→ Dataset entries:
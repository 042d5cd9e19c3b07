//! The value of a tag in a row.

ghost use Rattle.std.specs.Prelude.{◌≡◌, ◌++◌, ◌≤◌, true, None, map, option_map, OnOk};
ghost use Rattle.powerbox_match.specs.Value.{tag_data, field_data, fields_data, items_data, nesting, fields_nesting, items_nesting, is_tidy, fields as named, items as listed};
ghost use Rattle.row_formats.specs.Gives.{GivesRead};
ghost use Rattle.row_formats.specs.Format.{integer, chain, list, last_of, text_above};
ghost use Rattle.row_codec.specs.ValueFormat.{value, entry};

use host_base::Memory;
use plain_data::Name;
use powerbox_match::TagValue;
use row_formats::{ReadError, Reader, RowFault, Writer};
use std::alloc::Global;

const MOST_ENTRIES: u16 = 1000;

// A name above that of the last field.
fn name_above(
    alloc: Global,
    reader: &mut Reader,
    before: &[(Name, TagValue)],
) -> Result<Name, ReadError>
    ensures { GivesRead (λ x. x) result reader.new
        ((text_above (option_map (λ f. f.0) (last_of (map field_data before.now)))).read
        reader.old) }
{
    match before.last() {
        None => reader.name_above(alloc, None),
        Some(field) => reader.name_above(alloc, Some(&field.0)),
    }
}

/// Reads a value, in which values may stand inside one another up to a depth.
#[cycle(value)]
#[tactic(auto, unfolding(crate::specs::ValueFormat::value))]
pub(crate) fn value_of(alloc: Global, reader: &mut Reader, depth: u8) -> Result<TagValue, ReadError>
    ensures { GivesRead tag_data result reader.new ((value depth).read reader.old) }
{
    let at = reader.place();
    let kind = reader.u8()?;
    if depth == 0 {
        return Err(ReadError::Fault(RowFault::BadField(at)));
    }
    match kind {
        0 => Ok(TagValue::Any),
        1 => Ok(TagValue::Number(reader.i128()?)),
        2 => Ok(TagValue::Text(reader.name(alloc)?)),
        3 => Ok(TagValue::Fields(fields_of(alloc, reader, depth - 1)?)),
        4 => Ok(TagValue::Items(items_of(alloc, reader, depth - 1)?)),
        _ => Err(ReadError::Fault(RowFault::BadField(at))),
    }
}

// A field: its name, above that of the last one, and its value.
#[cycle(value)]
fn field_of(
    alloc: Global,
    reader: &mut Reader,
    before: &[(Name, TagValue)],
    depth: u8,
) -> Result<(Name, TagValue), ReadError>
    ensures { GivesRead field_data result reader.new
        ((entry (value depth) (last_of (map field_data before.now))).read reader.old) }
{
    let name = name_above(alloc, reader, before)?;
    let value = value_of(alloc, reader, depth)?;
    Ok((name, value))
}

// Named fields, as many as their count says.
#[cycle(value)]
fn fields_of(
    alloc: Global,
    reader: &mut Reader,
    depth: u8,
) -> Result<Vec<(Name, TagValue)>, ReadError>
    ensures { GivesRead (λ fs. map field_data fs.items) result reader.new
        ((chain 1000 (entry (value depth))).read reader.old) }
{
    let count = reader.count(MOST_ENTRIES)?;
    let mut fields = Vec::new(alloc);
    for _ in 0..count {
        let field = field_of(alloc, reader, &fields, depth)?;
        fields.push(field)?;
    }
    Ok(fields)
}

// Items, as many as their count says.
#[cycle(value)]
fn items_of(alloc: Global, reader: &mut Reader, depth: u8) -> Result<Vec<TagValue>, ReadError>
    ensures { GivesRead (λ vs. map tag_data vs.items) result reader.new
        ((list 1000 (value depth)).read reader.old) }
{
    let count = reader.count(MOST_ENTRIES)?;
    let mut items = Vec::new(alloc);
    for _ in 0..count {
        let item = value_of(alloc, reader, depth)?;
        items.push(item)?;
    }
    Ok(items)
}

// A number that a value holds.
fn put_number(writer: &mut Writer, number: &i128) -> Result<(), Memory>
    ensures written { OnOk result (writer.new ≡ writer.old ++ integer.write number.now) }
    ensures fits { integer.fits number.now }
{
    writer.i128(*number)
}

/// Writes a value that nests no deeper than this.
#[cycle(put_value)]
pub(crate) fn put_value(writer: &mut Writer, written: &TagValue, depth: u8) -> Result<(), Memory>
    requires { nesting (tag_data written.now) ≤ depth }
    ensures written { OnOk result (writer.new ≡ writer.old ++ (value depth).write (tag_data written.now)) }
    ensures fits { OnOk result (is_tidy (tag_data written.now) ≡ true
        → (value depth).fits (tag_data written.now)) }
{
    match written {
        TagValue::Any => writer.u8(0)?,
        TagValue::Number(number) => {
            writer.u8(1)?;
            put_number(writer, number)?;
        }
        TagValue::Text(text) => {
            writer.u8(2)?;
            writer.name(text)?;
        }
        TagValue::Fields(fields) => {
            writer.u8(3)?;
            put_fields(writer, fields, depth - 1)?;
        }
        TagValue::Items(items) => {
            writer.u8(4)?;
            put_items(writer, items, depth - 1)?;
        }
    }
    Ok(())
}

// Writes a field.
#[cycle(put_value)]
fn put_field(writer: &mut Writer, field: &(Name, TagValue), depth: u8) -> Result<(), Memory>
    requires { nesting (tag_data field.now.1) ≤ depth }
    ensures written { OnOk result (writer.new ≡ writer.old ++ (entry (value depth) None).write
        (field_data field.now)) }
    ensures fits { OnOk result (is_tidy (tag_data field.now.1) ≡ true
        → (entry (value depth) None).fits (field_data field.now)) }
{
    writer.name(&field.0)?;
    put_value(writer, &field.1, depth)?;
    Ok(())
}

// Writes named fields, none of which nests deeper than this.
#[cycle(put_value)]
fn put_fields(writer: &mut Writer, fields: &[(Name, TagValue)], depth: u8) -> Result<(), Memory>
    requires { fields_nesting (fields_data fields.now) ≤ depth }
    ensures written { OnOk result (writer.new ≡ writer.old ++ (chain 1000 (entry (value depth))).write
        (map field_data fields.now)) }
    ensures fits { OnOk result (is_tidy (named (fields_data fields.now)) ≡ true
        → (chain 1000 (entry (value depth))).fits (map field_data fields.now)) }
{
    writer.count(fields.len())?;
    for field in fields {
        put_field(writer, field, depth)?;
    }
    Ok(())
}

// Writes items, none of which nests deeper than this.
#[cycle(put_value)]
fn put_items(writer: &mut Writer, items: &[TagValue], depth: u8) -> Result<(), Memory>
    requires { items_nesting (items_data items.now) ≤ depth }
    ensures written { OnOk result (writer.new ≡ writer.old ++ (list 1000 (value depth)).write
        (map tag_data items.now)) }
    ensures fits { OnOk result (is_tidy (listed (items_data items.now)) ≡ true
        → (list 1000 (value depth)).fits (map tag_data items.now)) }
{
    writer.count(items.len())?;
    for item in items {
        put_value(writer, item, depth)?;
    }
    Ok(())
}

→ TASK INSTRUCTIONS: Wherever a line holds the word "ValueFormat", copy that line out of the entries above.

→ REPLY:
ghost use Rattle.row_codec.specs.ValueFormat.{value, entry};
#[tactic(auto, unfolding(crate::specs::ValueFormat::value))]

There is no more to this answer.